Anyone have any experience with hatching brine shrimp? Is there such a thing as old eggs and it will never hatch? well, recently I tried to hatch some and none hatch. I know the eggs has been in its original package for at least 8 years and never opened. I thought they stay dormant until they get wet with brine solutions, correct?
I use 2 table spoon of seasalt and a pinch of arm and hammer baking soda in a cut top 2 litter bottle at 80 degrees F; with 1 tbs of eggs. I saw on youtube that you’re suppose to use aquarium salt, but I also saw others saying that you can use seasalt or idize salt as well.
I used a light, and two spoonfuls of reef crystals from what I remember. It’s been a couple years since I hatched them but I didn’t have too many issues. Most problems I had was not all of them hatching. Try a light next time in addition to everything else you did. Let it run for 24hrs.
A, Brine Shrimp cysts come in various grades, based on their hatch out rate. the best, most expensive grade gives a 90% plus hatch rate, down to economy grade at about 65% when they are fresh. Yes, time and dry storage will degrade them. I always kept mine in the fridge. keep the one pound can seal in there… and a couple ounces of them in a small bottle for daily use. that way i wasnt opening the big can everyday and letting moisture in or out. they can keep a year or more that way. on the shelf, they probably degrade much faster.
and check the articles and online sources too for info.

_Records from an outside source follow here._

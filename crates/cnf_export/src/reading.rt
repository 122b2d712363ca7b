//! A model read as a plan, or as the first clause that it does not satisfy.
ghost use Rattle.std.specs.Prelude.{◌≡◌, ◌≤◌, ◌<◌, ◌+◌, ◌*◌, length, map, OnOk, IfOk, IsErrOf};
ghost use Rattle.policy_book.specs.Course.{problem_in};
ghost use Rattle.policy_book.specs.Policies.{problem_of};
ghost use Rattle.policy_book.specs.Laws.Plans.{IsWithin};
ghost use Rattle.cnf_export.specs.Laws.Encodings.{clauses_of, literals, numbers};
ghost use Rattle.cnf_export.specs.Models.{last_below};
ghost use Rattle.cnf_export.specs.Fault.{too_large};
ghost use Rattle.cnf_export.specs.declared.tally.TheConstants.{LITERAL_LIMIT};
ghost use Rattle.cnf_export.specs.Saying.{has_variable};
ghost use Rattle.cnf_export.specs.Readings.{first_false, IsReading};

use crate::laws::models_are_plans;
use crate::seen::{last_seen, satisfied};
use crate::sizes::{step_count, user_count};
use crate::{CnfFault, Encoder, Literals, Model};
use basics::List;
use constraint_forms::{Assign, StepSet};
use policy_book::{Course, Plan, Policy};
use std::alloc::{AllocError, Global};
use wf_names::{FlowId, UserId};

/// What a model says.
#[derive(Clone, Copy, PartialEq, Eq)]
pub enum Reading {
    /// A valid plan: the model satisfies all clauses.
    Plan(Plan),
    /// The first clause that it does not satisfy, numbered from 0.
    Clause(u32),
}

/// What a model says of a case: of a workflow, the steps that are assigned, and those of them that
/// are finished.
pub fn plan_of(
    alloc: Global,
    p: &Policy,
    f: FlowId,
    a: &Assign,
    done: &StepSet,
    m: &Model,
) -> Result<Reading, CnfFault>
    requires flow { f < length p.now.flows }
    requires within { IsWithin (problem_of p.now f) a.now }
    ensures reading { IfOk result
        (IsReading (problem_of p.now f) a.now done.now (has_variable m.now)) }
    ensures few { OnOk result (literals
        (clauses_of (problem_of p.now f) a.now done.now) ≤ LITERAL_LIMIT) }
    ensures large { IsErrOf result too_large
        → LITERAL_LIMIT < literals (clauses_of (problem_of p.now f) a.now done.now) }
{
    models_are_plans();
    let course = Course {
        policy: p,
        number: f,
    };
    let _ruled = course.rules();
    let encoder = Encoder::new(alloc, p, f, a, done)?;
    match first_unsatisfied(alloc, encoder, m)? {
        Some(i) => Ok(Reading::Clause(i)),
        None => Ok(Reading::Plan(plan_said(alloc, &course, m)?)),
    }
}

// The first clause that a model does not satisfy, if there is one, by an encoder that is before the
// first one.
fn first_unsatisfied(alloc: Global, encoder: Encoder, m: &Model) -> Result<Option<u32>, AllocError>
    requires { encoder.left ≡ encoder.all }
    ensures { IfOk result (λ found. found ≡ first_false 0 (has_variable m.now) encoder.all) }
{
    let mut encoder = encoder;
    unsatisfied_in(&mut encoder, &mut Literals::new(alloc), m)
}

// The same, with each clause made in `one`.
fn unsatisfied_in(
    encoder: &mut Encoder,
    one: &mut Literals,
    m: &Model,
) -> Result<Option<u32>, AllocError>
    requires { encoder.old.left ≡ encoder.old.all }
    ensures { IfOk result (λ found. found ≡ first_false 0 (has_variable m.now) encoder.old.all) }
{
    let count = encoder.clauses();
    prove!(count <= u32::MAX);
    let mut k = 0u32;
    'clauses: loop {
        if !encoder.next(one)? {
            return Ok(None);
        }
        if !satisfied(m, one) {
            return Ok(Some(k));
        }
        k += 1;
    }
}

// The plan that a model says.
fn plan_said(alloc: Global, course: &Course, m: &Model) -> Result<Plan, AllocError>
    ensures { IfOk result (λ plan. plan ≡ map (λ s. last_below (problem_in course.now).users
        (λ u. has_variable m.now (s * (problem_in course.now).users + u)))
        (numbers 0 (problem_in course.now).steps)) }
{
    let steps = step_count(course);
    let users = user_count(course);
    let mut chosen = List::new(alloc);
    'steps: for s in 0..steps {
        chosen.push(UserId(last_seen(m, s as usize * users as usize, users)))?;
    }
    Ok(Plan::of(chosen.as_slice()))
}
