//! A case as clauses for SAT solvers: their models are exactly the case's valid plans.
//!
//! An `Encoder` gives the clauses one by one, `write_clauses` writes them as the text that solvers
//! read, and `read_model` and `plan_of` make a plan of what a solver answers.
#![tactic(auto)]

mod counting;
mod encoder;
mod fault;
mod group;
mod grouping;
pub mod laws;
mod listed;
mod literals;
mod made;
mod making;
mod model;
pub mod model_laws;
mod model_text;
mod position;
mod reading;
mod saying;
mod seen;
mod sizes;
mod tally;
mod terms;
mod text;
mod word;
mod writing;

pub use encoder::Encoder;
pub use fault::{CnfFault, TooLarge};
pub use literals::Literals;
pub use made::model_of;
pub use model::Model;
pub use model_text::{ModelFault, read_model};
pub use reading::{Reading, plan_of};
pub use tally::LITERAL_LIMIT;
pub use writing::{WriteFault, write_clauses};
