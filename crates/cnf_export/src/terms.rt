//! What the clauses are made of.
ghost use Rattle.std.specs.Prelude.{◌≡◌, ◌≤◌, ◌<◌, ◌+◌, ◌*◌, ◌^◌, ◌&&◌, not, ℕ, true, length, OnOk};
ghost use Rattle.std.specs.Prelude.{slice_index_or, nat_lt, [], ◌∷◌, ◌++◌, map};
ghost use Rattle.std.specs.List.{flat_map};
ghost use Rattle.cnf_export.specs.Laws.Clauses.{yes_to, no_to};
ghost use Rattle.wf_names.specs.declared.limits.TheConstants.{STEP_LIMIT, USER_LIMIT};
ghost use Rattle.wf_names.specs.UserSets.{has_user};
ghost use Rattle.policy_book.specs.Laws.Refuting.{passing};
ghost use Rattle.constraint_forms.specs.Rules.{turned};
ghost use Rattle.cnf_export.specs.Laws.Encodings.{clause, counts, has, has_by, height, members};
ghost use Rattle.cnf_export.specs.Laws.Encodings.{part_items};
ghost use Rattle.cnf_export.specs.Laws.Encodings.{once_clause, once_items, parts, some_clause};
ghost use Rattle.cnf_export.specs.Laws.Encodings.{takes};
ghost use Rattle.cnf_export.specs.Laws.Encodings.{users_who};
ghost use Rattle.cnf_export.specs.Terms.{TermsShape, AreTerms, encoding_in};
ghost use Rattle.cnf_export.specs.declared.group.Group.TheVariants as groups;

use crate::Literals;
use crate::counting::{
    Count, count_in, ending, height, list_members, list_rows, write_counting, write_taking,
};
use crate::group::Group;
use crate::listed::{Items, list_users};
use crate::literals::{add_no, add_two, add_yes, no_to, yes_to};
use constraint_forms::StepSet;
use std::alloc::AllocError;
use std::marker::Model;
use user_relations::Relations;
use wf_names::{RelId, StepId, UserId, UserSet};

/// How many users and steps there are, whom each step may have, and who is related to whom.
#[derive(Drop)]
pub(crate) struct Terms {
    users: u16,
    steps: u8,
    domains: Vec<UserSet>,
    relations: Relations,
}

impl Model for Terms {
    ghost use Rattle.cnf_export.specs.Terms.{TermsShape, AreTerms, terms_code};

    ghost Value = { TermsShape };

    ghost coded = { terms_code };

    ghost view = { λ t. record {
      users = t.users;
      steps = t.steps;
      domains =
          t.domains.items;
      relations = t.relations;
    } };

    ghost invariant = { λ t. AreTerms
        (record {
          users = t.users;
          steps = t.steps;
          domains = t.domains.items;
          relations = t.relations;
        }) };
}

impl Terms {
    /// For `users` users and `steps` steps, with the users whom each step may have.
    pub(crate) fn new(users: u16, steps: u8, domains: Vec<UserSet>, relations: Relations) -> Terms
        requires { AreTerms (record {
          users = users;
          steps = steps;
          domains = domains.items;
          relations = relations;
        }) }
        ensures { result ≡ record {
          users = users;
          steps = steps;
          domains = domains.items;
          relations = relations;
        } }
    {
        Terms {
            users,
            steps,
            domains,
            relations,
        }
    }

    /// The variable that says that a step has a user.
    pub(crate) fn has(&self, s: StepId, u: u16) -> u32
        ensures value { result ≡ has (encoding_in self.now) s u }
        ensures small { result < 2 ^ 29 }
    {
        s.0 as u32 * self.users as u32 + u as u32
    }

    /// The variable that says that a step has a user or one before.
    pub(crate) fn has_by(&self, s: StepId, u: u16) -> u32
        ensures value { result ≡ has_by (encoding_in self.now) s u }
        ensures small { result < 2 ^ 30 }
    {
        self.steps as u32 * self.users as u32 + self.has(s, u)
    }

    /// The first variable of a block, which is how many variables the blocks before it have.
    #[tactic(auto, using(crate::proofs::Products::block_small))]
    pub(crate) fn block(&self, block: u16) -> u32
        ensures value { result ≡ block * self.now.users }
        ensures small { result < 2 ^ 28 }
    {
        block as u32 * self.users as u32
    }

    /// The variable that says that a user has some step of a rule that counts.
    pub(crate) fn takes(&self, block: u16, u: u16) -> u32
        ensures value { result ≡ takes (encoding_in self.now) block u }
        ensures small { result < 2 ^ 29 }
    {
        self.block(block) + u as u32
    }

    /// The variable that says that of the users up to u more than j have some step of the rule.
    #[tactic(auto, using(crate::proofs::Products::row_small))]
    pub(crate) fn counts(&self, count: Count, u: u16, j: u16) -> u32
        ensures value { result ≡ counts (encoding_in self.now) count.block count.high u j }
        ensures small { result < 2 ^ 30 }
    {
        self.block(count.block) + self.users as u32 + (u as u32 * count.high as u32 + j as u32)
    }

    /// How many users there are.
    pub(crate) fn users(&self) -> u16
        ensures { result ≡ self.now.users }
    {
        self.users
    }

    /// The users whom a step may have.
    fn domain(&self, s: StepId) -> UserSet
        ensures users { (u : ℕ) → has_user result u ≡ (encoding_in self.now).may_have s u }
        ensures known { (u : ℕ) → has_user result u ≡ true → u < self.now.users }
    {
        domain_at(&self.domains, s)
    }

    fn everybody(&self) -> UserSet
        ensures { (u : ℕ) → has_user result u ≡ nat_lt u self.now.users }
    {
        UserSet::up_to(self.users)
    }

    // The users to whom a user is related.
    fn related_to(&self, rho: RelId, u: UserId) -> UserSet
        ensures { (v : ℕ) → has_user result v
            ≡ (nat_lt v self.now.users && (encoding_in self.now).related rho u v) }
    {
        self.relations.after(rho, u, self.users)
    }

    // The users who are related to a user, or, read back, to whom the user is.
    fn related_from(&self, rho: RelId, back: bool, v: UserId) -> UserSet
        ensures { (u : ℕ) → has_user result u
            ≡ (nat_lt u self.now.users && turned back (encoding_in self.now).related rho u v) }
    {
        if back {
            self.relations.after(rho, v, self.users)
        } else {
            self.relations.ahead(rho, v, self.users)
        }
    }

    fn list(&self, set: &UserSet, into: &mut Items) -> Result<(), AllocError>
        requires { (u : ℕ) → has_user set.now u ≡ true → u < self.now.users }
        ensures { OnOk result (into.new ≡ passing (has_user set.now) 0 self.now.users) }
    {
        list_users(set, self.users, into)
    }

    /// The users whom a step may not have, in their order.
    pub(crate) fn list_outside(&self, s: StepId, into: &mut Items) -> Result<(), AllocError>
        ensures { OnOk result (into.new ≡ part_items (encoding_in self.now) (groups.Outside s) 0) }
    {
        let mut users = self.everybody();
        users.strike(&self.domain(s));
        self.list(&users, into)?;
        Ok(())
    }

    /// The users whom a second step may have and to whom a user is not related, where the first
    /// step may have the user.
    pub(crate) fn list_unrelated(
        &self,
        rho: RelId,
        first: StepId,
        second: StepId,
        u: UserId,
        into: &mut Items,
    ) -> Result<(), AllocError>
        ensures { OnOk result (into.new
            ≡ part_items (encoding_in self.now) (groups.Pair rho first second) u) }
    {
        if !self.domain(first).has(u) {
            into.truncate(0);
            return Ok(());
        }
        let mut users = self.domain(second);
        users.strike(&self.related_to(rho, u));
        self.list(&users, into)?;
        Ok(())
    }

    /// How many parts a group has.
    pub(crate) fn parts(&self, g: &Group) -> u16
        ensures { result ≡ parts (encoding_in self.now) g.now }
    {
        match *g {
            Group::Outside(_) => 1,
            Group::Someone(_) => 1,
            Group::Once(_) => self.users,
            Group::Pair { .. } => self.users,
            Group::SomeOf { .. } => 1,
            Group::Taking { .. } => self.users,
            Group::Counting { .. } => self.users,
            Group::Ending { .. } => { if self.users == 0 { 0 } else { 1 } }
        }
    }

    /// The items of a part.
    pub(crate) fn list_items(&self, g: &Group, i: u16, into: &mut Items) -> Result<(), AllocError>
        ensures { OnOk result (into.new ≡ part_items (encoding_in self.now) g.now i) }
    {
        match *g {
            Group::Outside(s) => self.list_outside(s, into),
            Group::Someone(_) => list_first(into),
            Group::Once(_) => list_once(i, into),
            Group::Pair { rho, first, second } => self.list_unrelated(
                rho,
                first,
                second,
                UserId(i),
                into,
            ),
            Group::SomeOf { step, .. } => self.list(&self.domain(step), into),
            Group::Taking { group, .. } => list_members(&group, into),
            Group::Counting { most, limit, .. } => list_rows(i, height(most, limit), into),
            Group::Ending { .. } => list_first(into),
        }
    }

    /// The clause of an item.
    pub(crate) fn write_clause(
        &self,
        g: &Group,
        i: u16,
        k: u16,
        into: &mut Literals,
    ) -> Result<(), AllocError>
        ensures { OnOk result (into.new ≡ clause (encoding_in self.now) g.now i k) }
    {
        into.truncate(0);
        match *g {
            Group::Outside(s) => into.push(no_to(self.has(s, k))),
            Group::Someone(s) => self.add_users(s, &self.domain(s), into),
            Group::Once(s) => self.write_once(s, i, k, into),
            Group::Pair { first, second, .. } => self.write_pair(first, second, i, k, into),
            Group::SomeOf {
                rho,
                back,
                group,
                step,
            } => self.write_some(rho, back, &group, step, UserId(k), into),
            Group::Taking { block, group } => write_taking(self, block, &group, i, k, into),
            Group::Counting { block, most, limit } => {
                let count = count_in(block, most, limit);
                write_counting(self, count, i, k / 4, k % 4, into)
            }
            Group::Ending { block, most, limit } => {
                into.push(ending(self, count_in(block, most, limit), most))
            }
        }
    }

    // That where v has a step, some member of a group has a user who is related to v, or, read
    // back, to whom v is.
    fn write_some(
        &self,
        rho: RelId,
        back: bool,
        group: &StepSet,
        step: StepId,
        v: UserId,
        into: &mut Literals,
    ) -> Result<(), AllocError>
        ensures { OnOk result (into.new
            ≡ into.old ++ some_clause (encoding_in self.now) rho back group.now step v) }
    {
        add_no(into, self.has(step, v.0))?;
        self.add_members(rho, back, group, v, into)
    }

    // That two users do not have the two steps.
    fn write_pair(
        &self,
        first: StepId,
        second: StepId,
        u: u16,
        v: u16,
        into: &mut Literals,
    ) -> Result<(), AllocError>
        ensures { OnOk result (into.new ≡ into.old ++ no_to (has (encoding_in self.now) first u)
            ∷ no_to (has (encoding_in self.now) second v) ∷ []) }
    {
        add_two(into, no_to(self.has(first, u)), no_to(self.has(second, v)))
    }

    // That one user alone has a step.
    fn write_once(&self, s: StepId, u: u16, k: u16, into: &mut Literals) -> Result<(), AllocError>
        ensures { OnOk result (into.new ≡ into.old ++ once_clause (encoding_in self.now) s u k) }
    {
        let before = u.saturating_sub(1);
        match k {
            0 => add_two(into, no_to(self.has(s, u)), yes_to(self.has_by(s, u))),
            1 => add_two(
                into,
                no_to(self.has_by(s, before)),
                yes_to(self.has_by(s, u)),
            ),
            _ => add_two(into, no_to(self.has(s, u)), no_to(self.has_by(s, before))),
        }
    }

    // That a step has some user of a set, behind other literals.
    fn add_users(&self, s: StepId, set: &UserSet, into: &mut Literals) -> Result<(), AllocError>
        requires { (u : ℕ) → has_user set.now u ≡ true → u < self.now.users }
        ensures { OnOk result (into.new
            ≡ into.old ++ map (λ u. yes_to (has (encoding_in self.now) s u))
            (passing (has_user set.now) 0 self.now.users)) }
    {
        let mut from = 0u32;
        'adding: loop {
            match set.next(from) {
                None => return Ok(()),
                Some(u) => {
                    add_yes(into, self.has(s, u.0))?;
                    from = u.0 as u32 + 1;
                }
            }
        }
    }

    // That some member of a group has a user who is related to v, behind other literals.
    fn add_members(
        &self,
        rho: RelId,
        back: bool,
        group: &StepSet,
        v: UserId,
        into: &mut Literals,
    ) -> Result<(), AllocError>
        ensures { OnOk result (into.new
            ≡ into.old ++ flat_map (λ t. map (λ u. yes_to (has (encoding_in self.now) t u))
            (users_who (encoding_in self.now)
            (λ u. (encoding_in self.now).may_have t u
            && turned back (encoding_in self.now).related rho u v)))
            (members group.now)) }
    {
        let limit = group.limit();
        'members: for t in 0..limit {
            if group.has(StepId(t as u8)) {
                self.add_member(rho, back, StepId(t as u8), v, into)?;
            }
        }
        Ok(())
    }

    fn add_member(
        &self,
        rho: RelId,
        back: bool,
        t: StepId,
        v: UserId,
        into: &mut Literals,
    ) -> Result<(), AllocError>
        ensures { OnOk result (into.new
            ≡ into.old ++ map (λ u. yes_to (has (encoding_in self.now) t u))
            (users_who (encoding_in self.now)
            (λ u. (encoding_in self.now).may_have t u
            && turned back (encoding_in self.now).related rho u v))) }
    {
        let mut users = self.domain(t);
        users.meet(&self.related_from(rho, back, v));
        self.add_users(t, &users, into)?;
        Ok(())
    }
}

// The item of a part that has one.
fn list_first(into: &mut Items) -> Result<(), AllocError>
    ensures { OnOk result (into.new ≡ 0 ∷ []) }
{
    into.truncate(0);
    into.push(0)
}

// The items of a part for a user of a step, of whom the first has no user before.
fn list_once(u: u16, into: &mut Items) -> Result<(), AllocError>
    ensures { OnOk result (into.new ≡ once_items u) }
{
    into.truncate(0);
    into.push(0)?;
    if u > 0 {
        into.push(1)?;
        into.push(2)?;
    }
    Ok(())
}

fn domain_at(domains: &[UserSet], s: StepId) -> UserSet
    ensures { (u : ℕ) → has_user result u ≡ has_user (slice_index_or domains.now s []) u }
{
    match domains.get(s.0 as usize) {
        Some(users) => *users,
        None => UserSet::empty(),
    }
}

I used a 2 liter soda bottle hatcher placed in a 5 gallon bucket in case of a leak, and hung a orange plastic shop light with a 60 watt incandescent bulb in the bucket near the hatcher for light and some warmth. worked pretty good. but you have to carfully separate the hatched shrimp at the bottom from cyst hulls that should float on the surface. if the SHs eat hulls, it plugs up their guts.
Thanks for the info Ken. I guess I must have gotten the cheap eggs or its been sitting on the shelf for a long time. Guess I’ll have to invest in some better premium eggs.
I have 6 2 liter bottle sitting in 20g tank with water 3/4 up the bottle. A small pump and a heater in the tank to keep the water at 80 degrees. Also, light above the tank.
I’ll make sure not to get any hull in the tank for the Seahorses.
Thats a great idea. You can do many different cultures with one heater. it looks like she is using FW aquarium salt, which is basically table salt, and epsoms salt, i believe. which is why she has to add buffer. if you use reef salt, none needed. its got everything.
I have several packs that are a few years old too,haven’t had any luck hatching them. However I do seem to have thousands of live mysis everywhere so I gave up on the brine
mysis would be much better for sea horses. it takes a whole lot o brine shrimp napoli to fill a horse. I do believe you can set up a small mysis breeding tank. they just eat either flake, or green flake / pellets or detritis. so a ten gallon tank with some coarse gravel and rubble rock and a sponge filter or bio wheel filter, and heater ought to do it. just seed it with a handfull of mysis/ gramara shrimp and feed them and let them breed. or pods as we call them. found this info
Cool, got some reading to do. Thanks Ken. I’m planning on getting some from Jason. maybe I’ll just turn that 20g brine shrimp hatchery into mysis and pods breeding/grow out thank.
Let us know how mysis breeding goes. Would love see a small scale one like that. I takled with the guy who ran the NJ aquarium mysis/brine/phyto/etc setup. Freakin’ huge!!!
May sound dumb but if you don’t have one, get yourself a baby brine net, don’t use the coffee strainer thing, you’ll lose too much with that.
I used to use the old school San Francisco brand stuff that came in a pre-salted pack. That stuff always hatched out for me. I’ve also done it with mixing you’re own water up and stuff - one thing I used to do was add a little baking soda to keep the pH up.